It’s been frequently asked why people with Down syndrome have a higher risk than most of developing leukemia. For about 80 years, it was a mystery. Recently, a connection between people with Down syndrome and having a heightened risk of developing acute lymphoblastic leukemia was discovered.
Down syndrome is a common genetic disorder. It occurs in one out of 800 live births. It causes birth defects, medical problems, and some degree of learning disabilities. In fact, Down syndrome is the most common genetic cause of mild to moderate learning disabilities.
This disorder is a complication with chromosome pair 21. There are a few causes of this problem. There could be extra genetic material on chromosome 21 which may be caused by an extra chromosome. This is called Trisomy 21. This is the result of an error in cell division in the egg or sperm.
It can also develop from extra chromosomes in some cells. This form is called Mosaic Trisomy 21.The last cause could be that part of the chromosome has broken off and reattached to another chromosome. This is called translocation trisomy. In about one third of people, the translocation is inherited from a parent.
Leukemia is a form of cancer that initiates in blood-forming tissue. The disease is characterized by the unrestrained growth of blood cells (usually leukocytes) in the bone marrow. White blood cells are a fundamental component of the body’s immune response. The leukemia cells crowd and substitute normal blood and marrow cells.
Children born with Down syndrome are at an increased risk of having thyroid conditions, heart defects, and respiratory and hearing problems. Even worse is that their risk for developing childhood acute lymphoblastic leukemia is twenty times higher than that of the average, healthy person.
“Advances in technology—which make it possible to study blood cells and leukemias that model Down syndrome in the laboratory—have enabled us to make that link,” said the study’s lead author, Andrew Lane, MD, PhD, of Dana-Farber’s Division of Hematologic Neoplasia.
Researchers discovered that the primary difference was that in the abnormal cells, the group of proteins, called PRC2, was not functioning. By some means, the loss of PRC2 was prompting B cells to divide and thrive before they were fully mature.
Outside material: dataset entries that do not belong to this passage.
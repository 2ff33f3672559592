// What a token is, by its kind and its bytes.

ghost use Rattle.std.specs.Prelude.{◌≡◌, ◌≢◌, List, ℕ, drop};
ghost use Rattle.kore_lex.specs.declared.lexer.TokenKind.TheVariants.{End};
ghost use Rattle.kore_text.specs.TokenStream.{token_of};
ghost use Rattle.kore_text.specs.Table.{is_fold, is_name, is_word, is_set_name, is_text, is_assign};
ghost use Rattle.kore_text.specs.Apart.{is_mark};

use crate::names::Built;
use kore_lex::TokenKind;

/// A token: its kind and its bytes.
#[derive(Clone, Copy)]
pub(crate) struct LexedToken<'a> {
    pub(crate) kind: TokenKind,
    pub(crate) bytes: &'a [u8],
}

impl<'a> LexedToken<'a> {
    /// Whether it is this mark.
    pub(crate) fn is_mark(&self, byte: u8) -> bool
        ensures { result ≡ is_mark byte (token_of self.now.kind self.now.bytes.now) }
    {
        matches!(self.kind, TokenKind::Punct(mark) if mark == byte)
    }

    /// Whether it is an identifier.
    pub(crate) fn is_name(&self) -> bool
        ensures { result ≡ is_name (token_of self.now.kind self.now.bytes.now) }
    {
        matches!(self.kind, TokenKind::Ident)
    }

    /// Whether it is this identifier.
    pub(crate) fn is_word(&self, word: &[u8]) -> bool
        ensures { result ≡ is_word word.now (token_of self.now.kind self.now.bytes.now) }
    {
        self.is_name() && self.bytes == word
    }

    /// Whether it is the name of a set variable.
    pub(crate) fn is_set_name(&self) -> bool
        ensures { result ≡ is_set_name (token_of self.now.kind self.now.bytes.now) }
    {
        matches!(self.kind, TokenKind::SetIdent)
    }

    /// Whether it is a string.
    pub(crate) fn is_text(&self) -> bool
        ensures { result ≡ is_text (token_of self.now.kind self.now.bytes.now) }
    {
        matches!(self.kind, TokenKind::Text)
    }

    /// Whether it is `:=`.
    pub(crate) fn is_assign(&self) -> bool
        requires { self.now.kind ≢ End }
        ensures { result ≡ is_assign (token_of self.now.kind self.now.bytes.now) }
    {
        matches!(self.kind, TokenKind::Assign)
    }

    /// Whether it is a fold, from the left or from the right.
    pub(crate) fn is_fold(&self) -> bool
        ensures { result ≡ is_fold (token_of self.now.kind self.now.bytes.now) }
    {
        matches!(self.kind, TokenKind::Builtin)
            && matches!(Built::of_name(self.behind_first()), Some(Built::Fold(_)))
    }

    /// The bytes after the first, which is `@` or `\`.
    pub(crate) fn behind_first(&self) -> &[u8]
        ensures { result.now ≡ drop 1 self.now.bytes.now }
    {
        match self.bytes {
            [_, rest @ ..] => rest,
            [] => &[],
        }
    }
}
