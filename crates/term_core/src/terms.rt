// Ground terms. A term is a tree that is shared, not copied. It is always normal: no injection is
// the child of another injection.
ghost use Rattle.std.specs.Prelude.{ℕ, ◌≡◌, ◌+◌, ◌<◌, ◌≤◌, ◌↔◌, length, slice_get, IfOk, IsTrue};
ghost use Rattle.term_core.specs.Terms.{leaf, node, inj, height, heights};
ghost use Rattle.term_core.specs.Forests.{forest, children};
ghost use Rattle.term_core.specs.Terms.{injected, IsNormal, AreNormal};
ghost use Rattle.term_core.specs.NormalForms.{norm};
ghost use Rattle.term_core.specs.Values.{value_of};
ghost use Rattle.term_core.specs.Heads.{Shows};

use crate::ids::{SortId, SymId};
use crate::steps::Steps;
use crate::values::Value;
use std::alloc::{AllocError, Global};
use std::marker::Model;
use std::rc::Rc;
use std::sync::ledger::Ledger;

/// The greatest height of a term. It bounds the depth of recursion of a walk over a term.
pub const MAX_HEIGHT: u32 = 500;

/// A ground term. Contracts see it as a plain normal tree.
#[cycle(term)]
#[derive(Drop)]
pub struct Term {
    high: u32,
    node: Rc<Node>,
}

#[cycle(term)]
#[derive(Drop)]
enum Node {
    Leaf(SortId, Value),
    Ctor(SymId, Vec<Term>),
    Inj(SortId, SortId, Term),
}

impl Model for Term {
    ghost use Rattle.std.specs.Prelude.{◌≡◌, ◌≤◌};
    ghost use Rattle.term_core.specs.Terms.{Tree, height};
    ghost use Rattle.term_core.specs.TermCode.{tree_code};

    ghost Value = { Tree };

    ghost coded = { tree_code };

    ghost use Rattle.term_core.specs.TermView.{tree_of, IsTermOfHeight};

    ghost view = { tree_of };

    ghost invariant = { λ a. IsTermOfHeight a.high (tree_of a) };

    ghost size = { height };

    ghost use Rattle.std.proofs.Common.{arith};
    ghost use Rattle.term_core.specs.TermSize.{deep-height};

    ghost size_decreases = { λ a h. Prim.omega (arith, deep-height a.node.value) };
}

/// The root of a term.
#[derive(Clone, Copy)]
pub enum View<'a> {
    /// A domain value of a sort.
    Value(SortId, &'a Value),
    /// A constructor, and how many arguments it has.
    Ctor(SymId, usize),
    /// An injection: its source sort and its target sort. Its term is child 0.
    Inj(SortId, SortId),
}

impl Term {
    /// The domain value of a sort. An error: out of memory.
    pub fn value(alloc: Global, sort: SortId, value: Value) -> Result<Term, AllocError>
        ensures { IfOk result (λ t. t ≡ leaf sort.0 (value_of value)) }
    {
        let node = Rc::new(alloc, Node::Leaf(sort, value))?;
        Ok(Term { high: 1, node })
    }

    /// A constructor applied to terms. `highest` tests the precondition. An error: out of memory.
    pub fn ctor(alloc: Global, sym: SymId, args: Vec<Term>) -> Result<Term, AllocError>
        requires { heights (forest args.items) < MAX_HEIGHT }
        ensures { IfOk result (λ t. t ≡ node sym.0 (forest args.items)) }
    {
        let high = Term::highest(&args) + 1;
        let node = Rc::new(alloc, Node::Ctor(sym, args))?;
        Ok(Term { high, node })
    }

    /// The injection of a term, in normal form: if the term's root is an injection, the two are
    /// joined. `height_injected` returns the height of the result. An error: out of memory.
    pub fn inj(alloc: Global, from: SortId, to: SortId, child: &Term) -> Result<Term, AllocError>
        requires { height (injected from.0 to.0 child.now) ≤ MAX_HEIGHT }
        ensures injected { IfOk result (λ t. t ≡ injected from.0 to.0 child.now) }
        ensures norm { IfOk result (λ t. t ≡ norm (inj from.0 to.0 child.now)) }
    {
        // The child is normal, so at most these two injections are in a row.
        let _high = child.height();
        Term::joined(alloc, from, to, child)
    }

    // The injection of a term. It is joined with the injection at the term's root, if there is one.
    fn joined(alloc: Global, from: SortId, to: SortId, child: &Term) -> Result<Term, AllocError>
        requires { height (injected from.0 to.0 child.now) ≤ MAX_HEIGHT }
        ensures { IfOk result (λ t. t ≡ injected from.0 to.0 child.now) }
    {
        match &*child.node {
            Node::Inj(first, _, below) => {
                let node = Rc::new(alloc, Node::Inj(*first, to, below.share()?))?;
                Ok(Term {
                    high: child.high,
                    node,
                })
            }
            _ => {
                let node = Rc::new(alloc, Node::Inj(from, to, child.share()?))?;
                Ok(Term {
                    high: child.high + 1,
                    node,
                })
            }
        }
    }

    /// The same term, shared. The cost does not depend on the term. An error: out of memory.
    pub fn share(&self) -> Result<Term, AllocError>
        ensures same { IfOk result (λ t. t ≡ self.now) }
        ensures normal { IfOk result IsNormal }
    {
        let node = self.node.clone()?;
        Ok(Term {
            high: self.high,
            node,
        })
    }

    /// The height: 1 for a value and for a constructor with no argument; otherwise one more than
    /// the greatest height of a child.
    pub fn height(&self) -> u32
        ensures value { result ≡ height self.now }
        ensures bound { result ≤ MAX_HEIGHT }
        ensures normal { IsNormal self.now }
    {
        self.high
    }

    /// The height of an injection of this term.
    pub fn height_injected(&self) -> u32
        ensures value { (a b : ℕ) → height (injected a b self.now) ≡ result }
        ensures bound { result ≤ MAX_HEIGHT + 1 }
    {
        match &*self.node {
            Node::Inj(..) => self.high,
            _ => self.high + 1,
        }
    }

    /// The greatest height of some terms, or 0 if there are none.
    pub fn highest(args: &[Term]) -> u32
        ensures value { result ≡ heights (forest args.now) }
        ensures bound { result ≤ MAX_HEIGHT }
        ensures normal { AreNormal (forest args.now) }
    {
        let mut highest: u32 = 0;
        for arg in args {
            highest = highest.max(arg.height());
        }
        highest
    }

    /// A child: an argument of a constructor, or the term of an injection.
    pub fn child(&self, i: usize) -> &Term
        requires { i < length (children self.now) }
        ensures { slice_get (children self.now) i ≡ Some result.now }
    {
        match &*self.node {
            Node::Ctor(_, args) => &args[i],
            Node::Inj(_, _, below) => below,
            Node::Leaf(..) => unreachable!(),
        }
    }

    /// The root of the term. This takes one step.
    pub fn view<L: Ledger>(&self, steps: &mut Steps<L>) -> View<'_>
        ensures shows { Shows self.now result }
        ensures step { steps.new ≡ steps.old + 1 }
    {
        steps.tick();
        self.head()
    }

    // The root of the term, with no step counted.
    pub(crate) fn head(&self) -> View<'_>
        ensures { Shows self.now result }
    {
        match &*self.node {
            Node::Leaf(sort, value) => View::Value(*sort, value),
            Node::Ctor(sym, args) => View::Ctor(*sym, args.len()),
            Node::Inj(from, to, _) => View::Inj(*from, *to),
        }
    }

    /// Whether both are the same term. It costs at most the size of the smaller one.
    #[cycle(same)]
    pub fn same(&self, other: &Term) -> bool
        ensures { IsTrue result ↔ (self.now ≡ other.now) }
    {
        if self.high != other.high {
            return false;
        }
        match (&*self.node, &*other.node) {
            (Node::Leaf(sort, value), Node::Leaf(other_sort, other_value)) => {
                sort == other_sort && value.same(other_value)
            }
            (Node::Ctor(sym, args), Node::Ctor(other_sym, other_args)) => {
                sym == other_sym && all_same(args, other_args)
            }
            (Node::Inj(from, to, below), Node::Inj(other_from, other_to, other_below)) => {
                from == other_from && to == other_to && below.same(other_below)
            }
            _ => false,
        }
    }

    /// Whether the term is the injection of `child` from `from` to `to`.
    pub fn same_inj(&self, from: SortId, to: SortId, child: &Term) -> bool
        ensures { IsTrue result ↔ (self.now ≡ inj from.0 to.0 child.now) }
    {
        match &*self.node {
            Node::Inj(own_from, own_to, below) => *own_from == from
                && *own_to == to
                && below.same(child),
            _ => false,
        }
    }
}

// Whether both have the same terms in the same order.
#[cycle(same)]
fn all_same(xs: &[Term], ys: &[Term]) -> bool
    ensures { IsTrue result ↔ (xs.now ≡ ys.now) }
{
    if xs.len() != ys.len() {
        return false;
    }
    for (x, y) in xs.iter().zip(ys) {
        if !x.same(y) {
            return false;
        }
    }
    true
}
To confirm that a shutdown of PRC2 is critical to the development of acute lymphoblastic leukemia in those with Down syndrome, Dr. Lane’s team directed their attention to the genes that PRC2 was in control of. By using two sets of acute lymphoblastic leukemia cell samples (one from patients with Down syndrome, the other from patients without the syndrome), they measured the activity of thousands of different genes. While doing this, they looked for differences between the sets. About 100 genes turned out to be much more active in the Down syndrome group, and all of them were under control of PRC2. When PRC2 is repressed, those 100 genes respond with a spurt of activity which motivates the growth and division of cells.
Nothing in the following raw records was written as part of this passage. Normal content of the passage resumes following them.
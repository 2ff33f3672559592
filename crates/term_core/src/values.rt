// Domain values, and what a hook may return.
ghost use Rattle.std.specs.Prelude.{◌≡◌, ◌↔◌, IfOk, IsTrue};
ghost use Rattle.term_core.specs.Values.{value_of};

use std::alloc::AllocError;
use std::rc::RcStr;

/// The value of a domain value. A text is shared, so copies of a term share it too.
#[derive(Drop)]
pub enum Value {
    Int(i128),
    Bool(bool),
    Text(RcStr),
}

/// A domain value that has no text.
#[derive(Clone, Copy, PartialEq, Eq, Debug)]
pub enum Scalar {
    Int(i128),
    Bool(bool),
}

/// Why a hook has no value at its arguments.
#[derive(Clone, Copy, PartialEq, Eq, Debug)]
pub enum NoValue {
    /// The divisor is 0.
    ZeroDivisor,
    /// A shift or an exponent is negative.
    NegativeShift,
    /// The result does not fit in 128 bits.
    Range,
}

impl Value {
    /// The same value, with its text shared. An error: out of memory.
    pub fn share(&self) -> Result<Value, AllocError>
        ensures { IfOk result (λ v. value_of v ≡ value_of self.now) }
    {
        match self {
            Value::Int(n) => Ok(Value::Int(*n)),
            Value::Bool(b) => Ok(Value::Bool(*b)),
            Value::Text(words) => Ok(Value::Text(words.clone()?)),
        }
    }

    /// Whether both are the same value. It costs at most the length of the shorter text.
    pub fn same(&self, other: &Value) -> bool
        ensures { IsTrue result ↔ (value_of self.now ≡ value_of other.now) }
    {
        match (self, other) {
            (Value::Int(n), Value::Int(m)) => n == m,
            (Value::Bool(a), Value::Bool(b)) => a == b,
            (Value::Text(a), Value::Text(b)) => a == b,
            _ => false,
        }
    }
}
The question then was, what gene or group of genes was stimulating PRC2 in Down syndrome patients’ B cells? Through the use of cells from mice with an extra copy of 31 genes, the investigators switched off those genes to see what effect it produced on the cells. When they turned off the gene HMGN1, the growth of the cells was halted and they died.
“We concluded that the extra copy of HMGN1 is important for turning off PRC2, and that, in turn, increases the cell proliferation,” Lane remarked. “This provides the long-sought after molecular link between Down syndrome and the development of B cell ALL.”